Welcome to Friday Fortissimo. This week, we’re celebrating a track from a game well-heralded for its soundtrack: Shadow of the Colossus. Warning: This article contains spoilers!
Shadow of the Colossus is a game that needs almost no introduction. Still, for the uninitiated—Shadow of the Colossus is a 2005 action-adventure boss-rush game developed by Japan Studio and Team Ico for the PlayStation 2. It was remastered in 2011 as a collection for the PlayStation 3, then remade from the ground up by Bluepoint Games in 2018 for the PlayStation 4. Directed by Fumito Ueda, the game is the second in the trilogy-by-association of his three games: Ico, Shadow of the Colossus, and The Last Guardian.
The score, composed by Kow Otani, ably steps between two modes: one epic and adventurous, the other gentle and atmospheric, mirroring the game itself.
A Story of Sacrifice
Shadow of the Colossus’s story is presented with minimal exposition and dialogue; the most explicit information the player is given is that the protagonist, a teenaged boy named Wander, seeks to resurrect a young maiden named Mono who has been sacrificed due to her supposedly cursed destiny. Given a directive from a disembodied voice that identifies itself as Dormin, Wander is told that he can revive Mono, but at a cost—he must exterminate sixteen colossi, massive creatures made of stone and earth.
And so he goes. And in classic Faustian fashion, with every colossus Wander fells, the more sickly he appears, the more demonic his mien becomes. After the final colossi, Wander’s body is fully taken over by Dormin, even sprouting demonic horns, but the ancient sword he was carrying seals Dormin’s presence into the temple, and the bridges that connect the land from the rest of the world collapse.

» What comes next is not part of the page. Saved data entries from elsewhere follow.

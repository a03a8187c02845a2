//! Broadcasting a layout to a larger shape.

ghost use Rattle.std.specs.Prelude.{◌↔◌, ◌≡◌, ◌<◌, ◌≤◌, ◌^◌, false, IsTrue, IsNone, IfSome, length, slice_index_or, pos};
ghost use Rattle.nd_shape_and_slice.specs.Broadcast.{stretches, broadcasts};
ghost use Rattle.nd_layout.specs.LayoutStepsOfCalls.{placement_of, HasBroadcastStrides, IsBroadcastStep};
ghost use Rattle.nd_layout.specs.StridesAfterLayoutCalls.{broadcast_strides};

use super::Layout;
use nd_shape_and_slice::{Dimension, StrideList, size_of_shape_checked};

/// Returns whether each length in `from` is 1 or equals the length of the same axis in `to`.
fn lengths_stretch(from: &[usize], to: &[usize]) -> bool
    requires { length from.now ≡ length to.now }
    ensures { IsTrue result ↔ IsTrue (stretches from.now to.now) }
{
    for axis in 0..from.len() {
        if from[axis] != to[axis] && from[axis] != 1 {
            return false;
        }
    }
    true
}

/// Returns whether the shape `from` can be broadcast to the shape `to`.
fn can_broadcast(from: &[usize], to: &[usize]) -> bool
    ensures { IsTrue result ↔ IsTrue (broadcasts from.now to.now) }
{
    if size_of_shape_checked(to).is_err() || to.len() < from.len() {
        return false;
    }
    lengths_stretch(from, &to[to.len() - from.len()..])
}

/// Returns the stride of `axis` after a broadcast from the shape `from` to the shape `to`. It is 0 if the axis is new,
/// or if its length differs.
fn stride_under(from: &[usize], strides: &[isize], to: &[usize], axis: usize) -> isize
    requires as_many { length strides.now ≡ length from.now }
    requires more { length from.now ≤ length to.now }
    requires on { axis < length to.now }
    ensures { result ≡ slice_index_or (broadcast_strides from.now strides.now to.now) axis (pos 0) }
{
    let added = to.len() - from.len();
    if axis < added {
        0
    } else if from[axis - added] == to[axis] {
        strides[axis - added]
    } else {
        0
    }
}

/// Writes the strides after a broadcast from the shape `from` to the shape `to` into `out`.
#[inline]
fn put_strides_under<T: StrideList>(from: &[usize], strides: &[isize], to: &[usize], out: &mut T)
    requires as_many { length strides.now ≡ length from.now }
    requires more { length from.now ≤ length to.now }
    requires wide { length (T.strides_of out.old) ≡ length to.now }
    ensures { T.strides_of out.new ≡ broadcast_strides from.now strides.now to.now }
{
    for axis in 0..to.len() {
        out.set(axis, stride_under(from, strides, to, axis));
    }
}

impl<D: Dimension, T: StrideList> Layout<D, T> {
    /// Returns the layout broadcast to the shape `to`, or `None` exactly if that is impossible.
    #[inline]
    pub fn broadcast<E: Dimension>(&self, to: E) -> Option<Layout<E, E::Strides>>
        ensures none { IsNone result ↔ (broadcasts (D.lengths self.now.dim) (E.lengths to) ≡ false) }
        ensures lengths { IfSome result (λ l. E.lengths l.dim ≡ E.lengths to) }
        ensures strides { IfSome result (λ l. HasBroadcastStrides (placement_of self.now) (placement_of l)) }
        ensures seen { IfSome result (λ l. IsBroadcastStep (placement_of self.now) (placement_of l)) }
        ensures offset { IfSome result (λ l. l.offset ≡ self.now.offset) }
    {
        if !can_broadcast(self.dim.slice(), to.slice()) {
            return None;
        }
        let mut strides = to.zero_strides();
        put_strides_under(
            self.dim.slice(),
            self.strides.slice(),
            to.slice(),
            &mut strides,
        );
        Some(Layout {
            offset: self.offset,
            dim: to,
            strides,
        })
    }
}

The credits begin to roll. Then Mono awakens and follows Wander’s loyal steed, Agro, into the temple and finds a small baby boy with a pair of horns. She takes the boy and Agro to the higher levels of the temple and finds a garden, with beautiful greenery and even animals; birds chirp and fly away as a young deer comes to greet her.

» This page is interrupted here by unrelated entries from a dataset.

//! Slicing one axis of a layout, several axes by a list of slices and indexes, and every axis by a closure.

ghost use Rattle.std.specs.Prelude.{◌≡◌, ◌<◌, ℤ, false, is_some, nat_eq, ◌||◌, length, slice_index, slice_get, ◌*ℤ◌, IsTrue};
ghost use Rattle.nd_shape_and_slice.specs.declared.slice.Slice.{Slice};
ghost use Rattle.nd_shape_and_slice.specs.declared.slice_info.SliceInfoElem.TheVariants.{Index};
ghost use Rattle.nd_shape_and_slice.specs.AxisDescriptions.{axes_from};
ghost use Rattle.nd_shape_and_slice.specs.Slice.{fits_axis, sliced_length, sliced_shape};
ghost use Rattle.nd_shape_and_slice.specs.SliceInfo.{coordinate_on, reads_axis, axes_kept, each_fits, fits_next, fits_shape, shape_after};
ghost use Rattle.nd_shape_and_slice.specs.ShapesAndIndexOrders.{size_of};
ghost use Rattle.nd_layout.specs.StridesAfterLayoutCalls.{stepped_stride, FitsStride};
ghost use Rattle.nd_shape_and_slice.specs.SliceEachAxis.{AnswersFit};
ghost use Rattle.nd_shape_and_slice.specs.SlicingInTwoPasses.{collapsed_after, shape_with};
ghost use Rattle.nd_layout.specs.SliceElementOnAxis.{length_by, stride_by};
ghost use Rattle.nd_layout.specs.OneAxisSteps.{length_on, stride_on, AxisLeads, StartsBy, StartsSliced};
ghost use Rattle.nd_layout.specs.LayoutStepsOfCalls.{placement_of, HasSlicedStrides, HasListStrides, HasCollapsedStrides, HasElementStrides, IsSlicedStep, IsListStep, IsCollapsedStep, IsElementStep, IsEachSliced};

use super::Layout;
use super::invert_split_and_permute_axes::{length_at, stride_at};
use super::place_at::moved_unless;
use nd_shape_and_slice::{
    Axis, AxisDescription, Dimension, Slice, SliceInfoElem, StrideList, axes_kept, axis_after,
    coordinate_on_axis, is_empty_shape,
};

/// What a slice of one axis makes of a layout: its new offset, and the new length and stride of the axis.
#[derive(Clone, Copy)]
struct AxisChange {
    offset: usize,
    len: usize,
    stride: isize,
}

/// Returns the stride of an axis after a slice with step `step`, which leaves it the length `len`. It is 0 if `len` is
/// at most 1.
fn stepped_by(stride: isize, len: usize, step: isize) -> isize
    requires { 1 < len → FitsStride (stride *ℤ step) }
    ensures { result ≡ stepped_stride len stride step }
{
    if len <= 1 { 0 } else { stride * step }
}

/// Returns whether a layout has no element after an axis gets the length `len`. `is_empty` says whether it had none
/// before.
#[inline]
fn none_left(is_empty: bool, len: usize) -> bool
    ensures { result ≡ (is_empty || nat_eq len 0) }
{
    is_empty || len == 0
}

impl<D: Dimension, T: StrideList> Layout<D, T> {
    /// Returns what `slice` makes of `axis`. `offset` is the offset that the slices of the axes before left. It stays
    /// if no element is left.
    #[inline]
    fn part_of_axis(&self, axis: usize, slice: Slice, offset: usize, is_empty: bool) -> AxisChange
        requires on { axis < length (D.lengths self.now.dim) }
        requires fits { IsTrue (fits_axis (length_on self.now axis) slice) }
        requires leads { is_empty ≡ false → AxisLeads self.now axis offset }
        ensures len { result.len ≡ sliced_length (length_on self.now axis) slice }
        ensures stride { result.stride ≡ stepped_stride result.len (stride_on self.now axis) slice.step }
        ensures offset { is_empty ≡ false → 0 < result.len → StartsSliced self.now axis slice offset result.offset }
        ensures empty { IsTrue is_empty → result.offset ≡ offset }
    {
        let sliced = slice.on_axis(self.dim.length(axis));
        let stride = self.strides.stride(axis);
        let stays = none_left(is_empty, sliced.len);
        AxisChange {
            offset: moved_unless(stays, offset, sliced.first, stride),
            len: sliced.len,
            stride: stepped_by(stride, sliced.len, slice.step),
        }
    }

    /// Returns the offset after the index `coordinate` of `axis`. `offset` is the offset that the slices of the axes
    /// before left. It stays if `is_empty` is true.
    #[inline]
    fn offset_at(&self, axis: usize, coordinate: isize, offset: usize, is_empty: bool) -> usize
        requires on { axis < length (D.lengths self.now.dim) }
        requires fits { IsTrue (is_some (coordinate_on (length_on self.now axis) coordinate)) }
        requires leads { is_empty ≡ false → AxisLeads self.now axis offset }
        ensures moved { is_empty ≡ false → StartsBy self.now axis (Index coordinate) offset result }
        ensures empty { IsTrue is_empty → result ≡ offset }
    {
        let index = coordinate_on_axis(self.dim.length(axis), coordinate).unwrap_or(0);
        moved_unless(is_empty, offset, index, self.strides.stride(axis))
    }

    /// Returns what `element` of a list of slices and indexes makes of `axis`. `offset` is the offset that the elements
    /// before it left. It stays if no element of the array is left.
    #[inline]
    fn axis_by(
        &self,
        axis: usize,
        element: SliceInfoElem,
        offset: usize,
        is_empty: bool,
    ) -> AxisChange
        requires fits { IsTrue (fits_next (slice_get (D.lengths self.now.dim) axis) element) }
        requires leads { is_empty ≡ false → AxisLeads self.now axis offset }
        ensures len { result.len ≡ length_by (length_on self.now axis) element }
        ensures stride { result.stride ≡ stride_by (length_on self.now axis) (stride_on self.now axis) element }
        ensures offset { is_empty ≡ false → 0 < result.len → StartsBy self.now axis element offset result.offset }
        ensures new { reads_axis element ≡ false → result.offset ≡ offset }
        ensures empty { IsTrue is_empty → result.offset ≡ offset }
    {
        match element {
            SliceInfoElem::Slice { start, end, step } => {
                self.part_of_axis(axis, Slice { start, end, step }, offset, is_empty)
            }
            SliceInfoElem::Index(coordinate) => AxisChange {
                offset: self.offset_at(axis, coordinate, offset, is_empty),
                len: 1,
                stride: self.strides.stride(axis),
            },
            SliceInfoElem::NewAxis => AxisChange {
                offset,
                len: 1,
                stride: 0,
            },
        }
    }
}

impl<D: Dimension, T: StrideList> Layout<D, T> {
    /// Keeps of `axis` what `slice` names.
    #[inline]
    pub fn slice_axis(&mut self, axis: usize, slice: Slice)
        requires on { axis < length (D.lengths self.old.dim) }
        requires fits { IsTrue (fits_axis (slice_index (D.lengths self.old.dim) axis) slice) }
        ensures lengths { D.lengths self.new.dim ≡ sliced_shape (D.lengths self.old.dim) axis slice }
        ensures strides { HasSlicedStrides (placement_of self.old) (placement_of self.new) axis slice }
        ensures step { IsSlicedStep (placement_of self.old) (placement_of self.new) axis slice }
        ensures empty { size_of (D.lengths self.old.dim) ≡ 0 → self.new.offset ≡ self.old.offset }
    {
        let is_empty = is_empty_shape(self.dim.slice());
        let after = self.part_of_axis(axis, slice, self.offset, is_empty);
        self.offset = after.offset;
        self.dim.set_length(axis, after.len);
        self.strides.set(axis, after.stride);
    }
}

impl<D: Dimension, T: StrideList> Layout<D, T> {
    /// Returns the layout after a list of slices and indexes: a slice keeps its axis, an index removes its axis, and a
    /// new axis has length 1. The function is inlined, so that the caller's result is written in place.
    #[inline(always)]
    pub fn sliced<E: Dimension>(&self, elements: &[SliceInfoElem]) -> Layout<E, E::Strides>
        requires fits { IsTrue (fits_shape (D.lengths self.now.dim) elements.now) }
        requires axes_fit { IsTrue (E.has_axes (axes_kept elements.now)) }
        ensures lengths { E.lengths result.dim ≡ shape_after (D.lengths self.now.dim) elements.now }
        ensures step { IsListStep (placement_of self.now) (placement_of result) elements.now }
        ensures strides { HasListStrides (placement_of self.now) (placement_of result) elements.now }
        ensures empty { size_of (D.lengths self.now.dim) ≡ 0 → result.offset ≡ self.now.offset }
    {
        let mut dim = E::zeros(axes_kept(elements));
        let mut strides = dim.zero_strides();
        let mut offset = self.offset;
        let mut is_empty = is_empty_shape(self.dim.slice());
        let mut axis = 0;
        let mut kept = 0;
        for element in elements {
            let after = self.axis_by(axis, *element, offset, is_empty);
            offset = after.offset;
            is_empty = none_left(is_empty, after.len);
            axis = axis_after(axis, *element);
            if element.keeps_axis() {
                dim.set_length(kept, after.len);
                strides.set(kept, after.stride);
                kept += 1;
            }
        }
        Layout {
            offset,
            dim,
            strides,
        }
    }

    /// Changes the layout by one element of a list of slices and indexes: a slice keeps of `axis` what it names, an
    /// index keeps one coordinate, and a new axis changes nothing.
    fn slice_element(&mut self, axis: usize, element: SliceInfoElem)
        requires { IsTrue (fits_next (slice_get (D.lengths self.old.dim) axis) element) }
        ensures lengths { D.lengths self.new.dim ≡ shape_with (D.lengths self.old.dim) axis element }
        ensures step { IsElementStep (placement_of self.old) (placement_of self.new) axis element }
        ensures strides { HasElementStrides (placement_of self.old) (placement_of self.new) axis element }
        ensures empty { size_of (D.lengths self.old.dim) ≡ 0 → self.new.offset ≡ self.old.offset }
    {
        match element {
            SliceInfoElem::Slice { start, end, step } => {
                self.slice_axis(axis, Slice { start, end, step })
            }
            SliceInfoElem::Index(coordinate) => {
                let index = coordinate_on_axis(self.dim.length(axis), coordinate).unwrap_or(0);
                self.collapse_axis(axis, index)
            }
            SliceInfoElem::NewAxis => {}
        }
    }

    /// Changes the layout by a list of slices and indexes. The axis of an index stays, with length 1.
    pub fn slice_axes(&mut self, elements: &[SliceInfoElem])
        requires { IsTrue (each_fits (D.lengths self.old.dim) elements.now) }
        ensures lengths { D.lengths self.new.dim ≡ collapsed_after (D.lengths self.old.dim) elements.now }
        ensures step { IsCollapsedStep (placement_of self.old) (placement_of self.new) elements.now }
        ensures strides { HasCollapsedStrides (placement_of self.old) (placement_of self.new) elements.now }
        ensures empty { size_of (D.lengths self.old.dim) ≡ 0 → self.new.offset ≡ self.old.offset }
    {
        let mut axis = 0;
        for element in elements {
            self.slice_element(axis, *element);
            axis = axis_after(axis, *element);
        }
    }
}

impl<D: Dimension, T: StrideList> Layout<D, T> {
    /// Calls `f` with a description of each axis, from axis 0 on, and keeps of the axis what the slice names that `f`
    /// returns.
    pub fn slice_each_axis<F: FnMut(AxisDescription) -> Slice>(&mut self, mut f: F)
        requires { AnswersFit F.pre F.step f (axes_from 0 (D.lengths self.old.dim) (T.strides_of self.old.strides)) }
        ensures sliced { IsEachSliced F.step f (placement_of self.old) (placement_of self.new) }
        ensures empty { size_of (D.lengths self.old.dim) ≡ 0 → self.new.offset ≡ self.old.offset }
    {
        let before = self.copied();
        for axis in 0..before.dim.ndim() {
            let slice = f(AxisDescription {
                axis: Axis(axis),
                len: length_at(before.dim.slice(), axis),
                stride: stride_at(before.strides.slice(), axis),
            });
            self.slice_axis(axis, slice);
        }
    }
}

And that’s where the titular track of this post begins to play.
I’m always a sucker for the sudden solo piano switch. It’s just a really good way to surprise the audience and impart a feeling of “this is different.” (See “Light of the Seven” from Game of Thrones as a perhaps more modern and culturally relevant example of this.) Every other track in the soundtrack utilizes a full orchestra, and does it well; here, the shift imbues a sense of loneliness. Wander was driven, and had purpose; Mono awakens with little if any knowledge of what has happened, and it’s the source of debate as to whether she recognizes Agro, Wander’s horse, at all. She has a horse, a temple, a baby, a garden… and nothing else.
“In the Land of Happiness” (also known as “The Sunlit Earth”) plays just as a young deer approaches Mono, and the camera zooms out following a hawk as we leave Mono, the child, and Agro behind. The song plays out as the camera traces the hawk’s path, the sun dimming and clouding over and finally ending on a shot of a full moon at night before the words “The End.” It’s a track that’s quite short (less than two minutes) and only plays this one time. And yet it’s the track that’s stuck with me more than any other (among many incredible pieces).
In Search of Happiness
Shadow of the Colossus is a game that tells little, allowing the players to infer what they want, and the conclusion follows that beat. Was Wander’s sacrifice all for naught, or will Mono, Agro, and the child find happiness? The game makes it clear that the Forbidden Lands, where the game takes place, have been completely isolated from the rest of the world following the collapse of the game’s iconic bridge. Is Mono destined to live the rest of her life alone, with just the child to keep her company?
In the original, the final shot of the game is of a darkening sky, rain clouds approaching, the quiet pitter patter of rain over the moon. In the remake, the rain is gone, the final shot less ominous. I can’t, with any certainty, tell you what Mono’s fate will be. Does she become the Queen from Ico, somehow cursed alongside Wander, or is that a stretch of a fan-theory? There isn’t, and will never be, a definitive answer.
Still, when I listen to this final piece, I like to believe… that what Mono, Agro, and the child found is, indeed, the land of happiness.